# TASK TO CARRY OUT:
Copy out the entries that follow, unchanged.

(Collected data)
------------------------------------
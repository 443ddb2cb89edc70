//! The same writes and reads of a kernel of its own, under a lock that readers share.
use super::pauses::{ON_AND_ON, SELDOM, has_stopped};
use super::rooms::Roomy;
use super::samples::{Both, LIMITS, new_page};
use crate::asked::{asker, shows_bytes};
use crate::timing::nanos_since;
use anyhow::Result;
use base::Meter;
use kernel_rules::Reply;
use std::alloc::Global;
use std::rt::Clock;
use std::sync::atomic::{AtomicBool, AtomicU64, Ordering};
use std::sync::{Mutex, RwLock, Wait};
use std::thread;
use std::thread::Threads;
use std::time::Instant;
use syscall_core::Kernel;

/// A kernel under a lock that readers share, with a meter for each of them, and one for who writes.
#[derive(Drop)]
pub struct Locked {
    kernel: RwLock<Kernel>,
    writer: Mutex<Meter>,
    meters: Vec<Roomy<Mutex<Meter>>>,
}

fn read_all<R: Wait>(
    rt: &R,
    kernel: &RwLock<Kernel>,
    meter: &Roomy<Mutex<Meter>>,
    rounds: u64,
    done: &AtomicU64,
) {
    let query = Both::new().query;
    let mut meter = meter.value.lock(rt);
    let mut found = 0u64;
    let mut reply = Reply::Done;
    for _ in 0..rounds {
        kernel
            .read(rt)
            .ask_into(asker(), &query, &mut reply, &mut meter);
        if shows_bytes(&reply) {
            found = found.wrapping_add(1);
        }
    }
    done.fetch_add(found, Ordering::SeqCst);
}

fn read_seldom_until<R: Wait>(
    rt: &R,
    kernel: &RwLock<Kernel>,
    meter: &Roomy<Mutex<Meter>>,
    stop: &AtomicBool,
) {
    let query = Both::new().query;
    let mut meter = meter.value.lock(rt);
    let mut reply = Reply::Done;
    for _ in rt.forever() {
        if has_stopped(stop, SELDOM) {
            return;
        }
        kernel
            .read(rt)
            .ask_into(asker(), &query, &mut reply, &mut meter);
    }
}

fn write_all<R: Wait>(rt: &R, locked: &Locked, rounds: u64) {
    let call = Both::new().call;
    let mut meter = locked.writer.lock(rt);
    for _ in 0..rounds {
        locked
            .kernel
            .write(rt)
            .step_surely(asker(), &call, &mut meter);
    }
}

fn write_until<R: Wait>(rt: &R, locked: &Locked, stop: &AtomicBool) {
    let call = Both::new().call;
    let mut meter = locked.writer.lock(rt);
    for _ in rt.forever() {
        if has_stopped(stop, ON_AND_ON) {
            return;
        }
        locked
            .kernel
            .write(rt)
            .step_surely(asker(), &call, &mut meter);
    }
}

// A meter for each of so many readers.
fn meters(alloc: Global, readers: u64) -> Result<Vec<Roomy<Mutex<Meter>>>> {
    let mut meters = Vec::new(alloc);
    for _ in 0..readers {
        meters.push(Roomy::new(Mutex::new(Meter::new(alloc)?)))?;
    }
    Ok(meters)
}

impl Locked {
    /// A kernel with a segment that has the bytes, for so many readers.
    pub fn new(alloc: Global, readers: u64) -> Result<Locked> {
        let meters = meters(alloc, readers)?;
        let mut meter = Meter::new(alloc)?;
        let mut kernel = Kernel::boot(alloc, &LIMITS)?;
        kernel.step_surely(asker(), &new_page(), &mut meter);
        kernel.step_surely(asker(), &Both::new().call, &mut meter);
        Ok(Locked {
            kernel: RwLock::new(kernel),
            writer: Mutex::new(meter),
            meters,
        })
    }

    /// The nanoseconds in which so many readers at once read so often each, while it is counted
    /// what was done.
    pub fn time_reads<R: Threads + Wait + Clock + Sync>(
        &self,
        rt: &R,
        readers: usize,
        rounds: u64,
        done: &AtomicU64,
    ) -> Result<u64> {
        let start = Instant::now(rt)?;
        thread::scope(thread::scope_env(), rt, |scope| {
            for meter in self.meters.iter().take(readers) {
                let _ = scope.spawn(move || read_all(rt, &self.kernel, meter, rounds, done));
            }
        });
        nanos_since(rt, start)
    }

    /// The same while another thread writes on and on.
    pub fn time_reads_beside<R: Threads + Wait + Clock + Sync>(
        &self,
        rt: &R,
        readers: usize,
        rounds: u64,
        done: &AtomicU64,
    ) -> Result<u64> {
        let stop = AtomicBool::new(false);
        let stop = &stop;
        thread::scope(thread::scope_env(), rt, |scope| {
            let _ = scope.spawn(move || write_until(rt, self, stop));
            let taken = self.time_reads(rt, readers, rounds, done);
            stop.store(true, Ordering::SeqCst);
            taken
        })
    }

    /// The nanoseconds in which one thread writes so often, while so many readers read a twentieth of their time.
    pub fn time_writes_beside<R: Threads + Wait + Clock + Sync>(
        &self,
        rt: &R,
        readers: usize,
        rounds: u64,
    ) -> Result<u64> {
        let stop = AtomicBool::new(false);
        let stop = &stop;
        thread::scope(thread::scope_env(), rt, |scope| {
            for meter in self.meters.iter().take(readers) {
                let _ = scope.spawn(move || read_seldom_until(rt, &self.kernel, meter, stop));
            }
            let start = Instant::now(rt)?;
            write_all(rt, self, rounds);
            let taken = nanos_since(rt, start);
            stop.store(true, Ordering::SeqCst);
            taken
        })
    }
}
------------------------------------
# WRITTEN SOLUTION:
repository 443ddb2cb89edc70
//! The same writes and reads of a kernel of its own, under a lock that readers share.
use super::pauses::{ON_AND_ON, SELDOM, has_stopped};
use super::rooms::Roomy;
use super::samples::{Both, LIMITS, new_page};
use crate::asked::{asker, shows_bytes};
use crate::timing::nanos_since;
use anyhow::Result;
use base::Meter;
use kernel_rules::Reply;
use std::alloc::Global;
use std::rt::Clock;
use std::sync::atomic::{AtomicBool, AtomicU64, Ordering};
use std::sync::{Mutex, RwLock, Wait};
use std::thread;
use std::thread::Threads;
use std::time::Instant;
use syscall_core::Kernel;

/// A kernel under a lock that readers share, with a meter for each of them, and one for who writes.
#[derive(Drop)]
pub struct Locked {
    kernel: RwLock<Kernel>,
    writer: Mutex<Meter>,
    meters: Vec<Roomy<Mutex<Meter>>>,
}

fn read_all<R: Wait>(
    rt: &R,
    kernel: &RwLock<Kernel>,
    meter: &Roomy<Mutex<Meter>>,
    rounds: u64,
    done: &AtomicU64,
) {
    let query = Both::new().query;
    let mut meter = meter.value.lock(rt);
    let mut found = 0u64;
    let mut reply = Reply::Done;
    for _ in 0..rounds {
        kernel
            .read(rt)
            .ask_into(asker(), &query, &mut reply, &mut meter);
        if shows_bytes(&reply) {
            found = found.wrapping_add(1);
        }
    }
    done.fetch_add(found, Ordering::SeqCst);
}

fn read_seldom_until<R: Wait>(
    rt: &R,
    kernel: &RwLock<Kernel>,
    meter: &Roomy<Mutex<Meter>>,
    stop: &AtomicBool,
) {
    let query = Both::new().query;
    let mut meter = meter.value.lock(rt);
    let mut reply = Reply::Done;
    for _ in rt.forever() {
        if has_stopped(stop, SELDOM) {
            return;
        }
        kernel
            .read(rt)
            .ask_into(asker(), &query, &mut reply, &mut meter);
    }
}

fn write_all<R: Wait>(rt: &R, locked: &Locked, rounds: u64) {
    let call = Both::new().call;
    let mut meter = locked.writer.lock(rt);
    for _ in 0..rounds {
        locked
            .kernel
            .write(rt)
            .step_surely(asker(), &call, &mut meter);
    }
}

fn write_until<R: Wait>(rt: &R, locked: &Locked, stop: &AtomicBool) {
    let call = Both::new().call;
    let mut meter = locked.writer.lock(rt);
    for _ in rt.forever() {
        if has_stopped(stop, ON_AND_ON) {
            return;
        }
        locked
            .kernel
            .write(rt)
            .step_surely(asker(), &call, &mut meter);
    }
}

// A meter for each of so many readers.
fn meters(alloc: Global, readers: u64) -> Result<Vec<Roomy<Mutex<Meter>>>> {
    let mut meters = Vec::new(alloc);
    for _ in 0..readers {
        meters.push(Roomy::new(Mutex::new(Meter::new(alloc)?)))?;
    }
    Ok(meters)
}

impl Locked {
    /// A kernel with a segment that has the bytes, for so many readers.
    pub fn new(alloc: Global, readers: u64) -> Result<Locked> {
        let meters = meters(alloc, readers)?;
        let mut meter = Meter::new(alloc)?;
        let mut kernel = Kernel::boot(alloc, &LIMITS)?;
        kernel.step_surely(asker(), &new_page(), &mut meter);
        kernel.step_surely(asker(), &Both::new().call, &mut meter);
        Ok(Locked {
            kernel: RwLock::new(kernel),
            writer: Mutex::new(meter),
            meters,
        })
    }

    /// The nanoseconds in which so many readers at once read so often each, while it is counted
    /// what was done.
    pub fn time_reads<R: Threads + Wait + Clock + Sync>(
        &self,
        rt: &R,
        readers: usize,
        rounds: u64,
        done: &AtomicU64,
    ) -> Result<u64> {
        let start = Instant::now(rt)?;
        thread::scope(thread::scope_env(), rt, |scope| {
            for meter in self.meters.iter().take(readers) {
                let _ = scope.spawn(move || read_all(rt, &self.kernel, meter, rounds, done));
            }
        });
        nanos_since(rt, start)
    }

    /// The same while another thread writes on and on.
    pub fn time_reads_beside<R: Threads + Wait + Clock + Sync>(
        &self,
        rt: &R,
        readers: usize,
        rounds: u64,
        done: &AtomicU64,
    ) -> Result<u64> {
        let stop = AtomicBool::new(false);
        let stop = &stop;
        thread::scope(thread::scope_env(), rt, |scope| {
            let _ = scope.spawn(move || write_until(rt, self, stop));
            let taken = self.time_reads(rt, readers, rounds, done);
            stop.store(true, Ordering::SeqCst);
            taken
        })
    }

    /// The nanoseconds in which one thread writes so often, while so many readers read a twentieth of their time.
    pub fn time_writes_beside<R: Threads + Wait + Clock + Sync>(
        &self,
        rt: &R,
        readers: usize,
        rounds: u64,
    ) -> Result<u64> {
        let stop = AtomicBool::new(false);
        let stop = &stop;
        thread::scope(thread::scope_env(), rt, |scope| {
            for meter in self.meters.iter().take(readers) {
                let _ = scope.spawn(move || read_seldom_until(rt, &self.kernel, meter, stop));
            }
            let start = Instant::now(rt)?;
            write_all(rt, self, rounds);
            let taken = nanos_since(rt, start);
            stop.store(true, Ordering::SeqCst);
            taken
        })
    }
}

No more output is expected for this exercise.